# Searching for lawncare Youtuber



## Phids (Sep 24, 2020)

There was a Youtuber who had a channel on lawncare but I can't find it anymore. I think he lived in Utah at one point before moving down to Florida. He had several videos on repairing John Deere greensmowers, as well as some Toros. His name escapes me right now and he's not coming up when I searched for John Deeres. Anyone know who I'm talking about?


----------



## 01Bullitt (Aug 31, 2020)

Phids said:


> There was a Youtuber who had a channel on lawncare but I can't find it anymore. I think he lived in Utah at one point before moving down to Florida. He had several videos on repairing John Deere greensmowers, as well as some Toros. His name escapes me right now and he's not coming up when I searched for John Deeres. Anyone know who I'm talking about?

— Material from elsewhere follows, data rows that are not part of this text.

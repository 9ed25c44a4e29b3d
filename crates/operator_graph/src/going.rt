//! Which flights go on: a batch keeps their places, so that a turn looks at no other flight.

ghost use Rattle.std.specs.Prelude.{◌≡◌, ◌<◌, ◌^◌, length, slice_get, Some, IfOk};
ghost use Rattle.operator_graph.specs.Going.{places_going};

use crate::flight::{Flight, is_over};
use sf_list::Sequence;
use std::alloc::{AllocError, Global};

/// The places of the flights that go on, in their order.
pub(crate) type Places = Sequence<u32>;

/// The places of those of these flights that go on.
pub(crate) fn places_of(alloc: Global, flights: &[Flight]) -> Result<Places, AllocError>
    requires { length flights.now < 2 ^ 32 }
    ensures { IfOk result (λ places. places ≡ places_going 0 flights.now) }
{
    let mut places = Sequence::new(alloc);
    for (place, flight) in flights.iter().enumerate() {
        if !is_over(&flight.next) {
            places.push(alloc, place as u32)?;
        }
    }
    Ok(places)
}

/// The place of this number.
pub(crate) fn place_at(places: &Places, number: u32) -> usize
    requires { number < length places.now }
    ensures { slice_get places.now number ≡ Some result }
{
    let Some(place) = places.get(number as usize) else {
        // there are more than that
        unreachable!()
    };
    *place as usize
}
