//! The operators of the dataflow: which one serves an entity, the events of a batch that are in flight
//! between them, and what is told of these.
//!
//! The state of the entities is partitioned by their keys; an operator serves the entities of one class
//! whose keys fall into one partition.
#![tactic(auto)]

mod first_flights;
mod flight;
mod going;
mod in_flight;
mod landing;
mod memory_watch;
mod routing;
mod taking_turns;
mod watch;

pub use in_flight::InFlight;
pub use memory_watch::{MemWatch, Note, Notes};
pub use routing::{operator_of, partition};
pub use watch::{NoWatch, Watch};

Is it by chance Brett's Grasscapades?
https://www.youtube.com/playlist?list=PLMZo1Znea-rXFsi42oakXVkFzrMqMNvrN


----------



## Ware (Jan 28, 2017)

Probably @brettgoodyear


----------



## Phids (Sep 24, 2020)

Ware said:


> Probably @brettgoodyear


@01Bullitt Thanks. Yep, that's the one.


----------



## 01Bullitt (Aug 31, 2020)

Phids said:


> Ware said:
> 
> 
> > Probably @brettgoodyear
> ...


You're welcome :thumbup:


----------